The Best (and Worst) Clean Dad Jokes for All Ages 👋

Enjoy a collection of clean dad jokes for all ages that are perfect for family-friendly fun! These jokes are lighthearted, pun-filled, and guaranteed to bring smiles without any risk of embarrassment. Whether you’re telling them to kids, grandparents, or anyone in between, our clean dad jokes are the ideal way to keep the laughter going in any setting. Explore the funniest and most wholesome dad jokes that everyone can enjoy!
What's America's favorite soda? Mini soda.
Why can't you hear a psychiatrist using the bathroom? Because the 'P' is silent.
I could tell a joke about pizza, but it's a little cheesy.'
I used to play piano by ear. Now I use my hands.'
What’s the least spoken language in the world?

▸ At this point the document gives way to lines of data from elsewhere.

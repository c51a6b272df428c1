//! Which entry of the sources counts at each key.
ghost use Rattle.std.specs.Prelude.{◌≡◌, IfOk, OnOk, fold};
ghost use Rattle.flag_defs.specs.Changes.{by_key, with_entry};
ghost use Rattle.flag_defs.specs.Flag.{flag_view};
ghost use Rattle.flag_defs.specs.Flags.{flags_view};
ghost use Rattle.flag_defs.specs.Floats.{floats_of, floats_view, lent_floats};
ghost use Rattle.flag_defs.specs.Lent.{lent_view};
ghost use Rattle.source_merge.specs.Floats.{entries_floats, merged_marks, with_mark};
ghost use Rattle.source_merge.specs.Merge.{all_entries};
ghost use Rattle.source_merge.specs.Sources.{entries_view};

use flag_defs::{Flag, Flags};
use indexmap::IndexMap;
use std::alloc::{AllocError, Global};
use std::collections::BTreeMap;

/// The entry of the latest document that has it, at each key, in the order of the keys. Nothing is copied yet.
pub(crate) fn chosen<'a>(
    alloc: Global,
    documents: &'a IndexMap<String, Option<Flags>>,
) -> Result<Vec<(&'a str, &'a Flag)>, AllocError>
    ensures entries { IfOk result (λ v. lent_view v.items ≡ by_key (all_entries (entries_view documents.now.entries))) }
    ensures floats { IfOk result (λ v. lent_floats v.items ≡ merged_marks (entries_floats documents.now.entries)) }
{
    let mut chosen = BTreeMap::new(alloc);
    for document in documents.values() {
        if let Some(flags) = document {
            choose(&mut chosen, flags)?;
        }
    }
    in_order(alloc, chosen)
}

/// What is chosen, as a list in the order of its keys.
fn in_order<'a>(
    alloc: Global,
    chosen: BTreeMap<&'a str, &'a Flag>,
) -> Result<Vec<(&'a str, &'a Flag)>, AllocError>
    ensures { IfOk result (λ v. v.items ≡ chosen.entry.entries) }
{
    chosen.into_iter().collect(alloc)
}

/// Puts each entry of a document in the place of the one that its key has.
fn choose<'a>(chosen: &mut BTreeMap<&'a str, &'a Flag>, flags: &'a Flags) -> Result<(), AllocError>
    ensures entries { OnOk result (lent_view chosen.new.entries ≡ fold with_entry (lent_view chosen.old.entries) (flags_view flags.now)) }
    ensures floats { OnOk result (lent_floats chosen.new.entries ≡ fold with_mark (lent_floats chosen.old.entries) (floats_view flags.now)) }
{
    for i in 0..flags.len() {
        let (key, flag) = flags.entry(i);
        choose_entry(chosen, key, flag)?;
    }
    Ok(())
}

/// Puts an entry in the place of the one that its key has.
fn choose_entry<'a>(
    chosen: &mut BTreeMap<&'a str, &'a Flag>,
    key: &'a str,
    flag: &'a Flag,
) -> Result<(), AllocError>
    ensures entry { OnOk result (lent_view chosen.new.entries ≡ with_entry (lent_view chosen.old.entries) (key.now, flag_view flag.now)) }
    ensures floats { OnOk result (lent_floats chosen.new.entries ≡ with_mark (lent_floats chosen.old.entries) (key.now, floats_of flag.now)) }
{
    chosen.insert(key, flag)?;
    Ok(())
}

Sign language.
I used to play piano by ear. Now I use my hands.'
My friend claims he glued himself to his autobiography. I don't believe him, but that's his story and he's sticking to it.
I have a clean conscious—it's never been used.

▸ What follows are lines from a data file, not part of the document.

//! The laws of folds, of their extremes and of place numbers. No function here does anything.
ghost use Rattle.std.specs.Prelude.{◌≡◌, ◌≢◌, ℕ, ◌<◌, ◌≤◌, ℤ, List, [], ◌∷◌, length, Option, Some};
ghost use Rattle.std.specs.Prelude.{None, true};
ghost use Rattle.case_model.specs.declared.cases.Case.{Case};
ghost use Rattle.case_model.specs.declared.cases.ProbeAt.{ProbeAt};
ghost use Rattle.case_model.specs.declared.meshes.Mesh.{Mesh};
ghost use Rattle.case_model.specs.FirstFault.{first_fault};
ghost use Rattle.case_model.specs.Meaning.{Meaning};
ghost use Rattle.case_model.specs.Mesh.{IsNumbered};
ghost use Rattle.case_model.specs.Parts.{probe_at};
ghost use Rattle.case_model.specs.Samples.{Sample, IsGreatest, IsSmallest, IsEnvelope, sample};
ghost use Rattle.envelope.specs.Cells.{is_within};
ghost use Rattle.envelope.specs.Extremes.{IsEnvelopeOf, greatest_over, least_over, extreme_over};
ghost use Rattle.envelope.specs.Faults.{HasFault};
ghost use Rattle.envelope.specs.Folds.{Stands, spans_of, steps_of};
ghost use Rattle.envelope.specs.Kept.{extreme_kept, sample_kept};
ghost use Rattle.envelope.specs.Notings.{Noted};
ghost use Rattle.envelope.specs.RowFolds.{HasRows, IsFoldOfCase};
ghost use Rattle.case_model.specs.PlaceNumbers.{number_of, IsOn, place_at};
ghost use Rattle.envelope.specs.Rows.{rows_noted, extreme_at};
ghost use Rattle.envelope.specs.declared.extremes.Extreme.{Extreme};
ghost use Rattle.envelope.specs.declared.folds.Fold.{Fold};

/// The law of extremes found step by step: they are the greatest and the least value at the steps 0
/// to the last, each with its first step, and None exactly where no step has a value.
pub fn extremes_are_exact()
    ensures greatest { (value : ℕ → Option ℤ) (last : ℕ) (most : ℤ) (step : ℕ) →
        greatest_over value last ≡ Some (most, step) → IsGreatest value last most step }
    ensures only_greatest { (value : ℕ → Option ℤ) (last : ℕ) (most : ℤ) (step : ℕ) →
        IsGreatest value last most step → greatest_over value last ≡ Some (most, step) }
    ensures no_greatest { (value : ℕ → Option ℤ) (last : ℕ) → greatest_over value last ≡ None →
        (s : ℕ) → s ≤ last → value s ≡ None }
    ensures greatest_of_none { (value : ℕ → Option ℤ) (last : ℕ) →
        ((s : ℕ) → s ≤ last → value s ≡ None) → greatest_over value last ≡ None }
    ensures least { (value : ℕ → Option ℤ) (last : ℕ) (least : ℤ) (step : ℕ) →
        least_over value last ≡ Some (least, step) → IsSmallest value last least step }
    ensures only_least { (value : ℕ → Option ℤ) (last : ℕ) (least : ℤ) (step : ℕ) →
        IsSmallest value last least step → least_over value last ≡ Some (least, step) }
    ensures no_least { (value : ℕ → Option ℤ) (last : ℕ) → least_over value last ≡ None → (s : ℕ) →
        s ≤ last → value s ≡ None }
    ensures least_of_none { (value : ℕ → Option ℤ) (last : ℕ) →
        ((s : ℕ) → s ≤ last → value s ≡ None) → least_over value last ≡ None }
    ensures envelope { (f : ℕ → Option Sample) (last : ℕ) (e : Extreme) → IsEnvelopeOf f last e →
        e ≡ extreme_over f last }
    ensures row_envelope { (law : Meaning) (at : ProbeAt) (last : ℕ) (e : Extreme) →
        IsNumbered law.mesh → IsOn law.mesh at → first_fault law last ≡ None →
        e ≡ extreme_at law last at →
        IsEnvelope law at last e.max e.max_step e.min e.min_step e.volume e.volume_step }
{}

/// The law of place numbers: each place of a mesh has one, below the count of places, and each
/// number below that count is that of a place. The first fault of a law's rows is at one.
pub fn numbers_tell_places()
    ensures place { (mesh : Mesh) (at : ProbeAt) → IsNumbered mesh → IsOn mesh at →
        place_at mesh (number_of mesh at) ≡ at }
    ensures below { (mesh : Mesh) (at : ProbeAt) → IsNumbered mesh → IsOn mesh at →
        number_of mesh at < mesh.places }
    ensures on { (mesh : Mesh) (k : ℕ) → IsNumbered mesh → k < mesh.places →
        IsOn mesh (place_at mesh k) }
    ensures number { (mesh : Mesh) (k : ℕ) → IsNumbered mesh → k < mesh.places →
        number_of mesh (place_at mesh k) ≡ k }
    ensures fault { (law : Meaning) (last step place : ℕ) → IsNumbered law.mesh →
        first_fault law last ≡ Some (step, place) → place < law.mesh.places }
{}

/// The law of maps: a fold that stands for one stands for each other that has the same at the steps
/// 0 to the fold's last and at the places of its spans.
pub fn stands_for_equal_maps()
    ensures { (fold : Fold) (map more : Noted) →
        ((s k : ℕ) → s ≤ steps_of fold → is_within (spans_of fold) k ≡ true → map s k ≡ more s k) →
        Stands fold map → Stands fold more }
{}

/// The law of folds over rows: what a fold keeps that was told every row of a law is the first
/// fault of these rows, the samples of a case's probes and, without a fault, the extreme of each
/// place.
pub fn folds_tell_rows()
    ensures fault { (law : Meaning) (last : ℕ) (fault : Option (ℕ × ℕ)) → IsNumbered law.mesh →
        HasFault ((0, law.mesh.places) ∷ []) last (rows_noted law) fault →
        fault ≡ first_fault law last }
    ensures extreme { (law : Meaning) (fold : Fold) (at : ProbeAt) → HasRows law fold →
        first_fault law (steps_of fold) ≡ None → IsOn law.mesh at →
        extreme_kept fold (number_of law.mesh at) ≡ extreme_at law (steps_of fold) at }
    ensures sample { (law : Meaning) (case : Case) (fold : Fold) (j step : ℕ) → HasRows law fold →
        IsFoldOfCase law case fold → j < length case.probes →
        sample_kept fold j step ≡ sample law case (probe_at case j).at step }
{}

Dad, can you put my shoes on?' 'No, I don't think they'll fit me.'
Why do cows wear bells? Because their horns don’t work.
Why did the orange lose the race? It ran out of juice.
I have a clean conscious—it's never been used.
What kind of milk comes from a pampered cow? Spoiled milk.
How do you make a tissue dance? You put a little boogie in it.'
Why'd the fisherman order the halibut? Just for the halibut!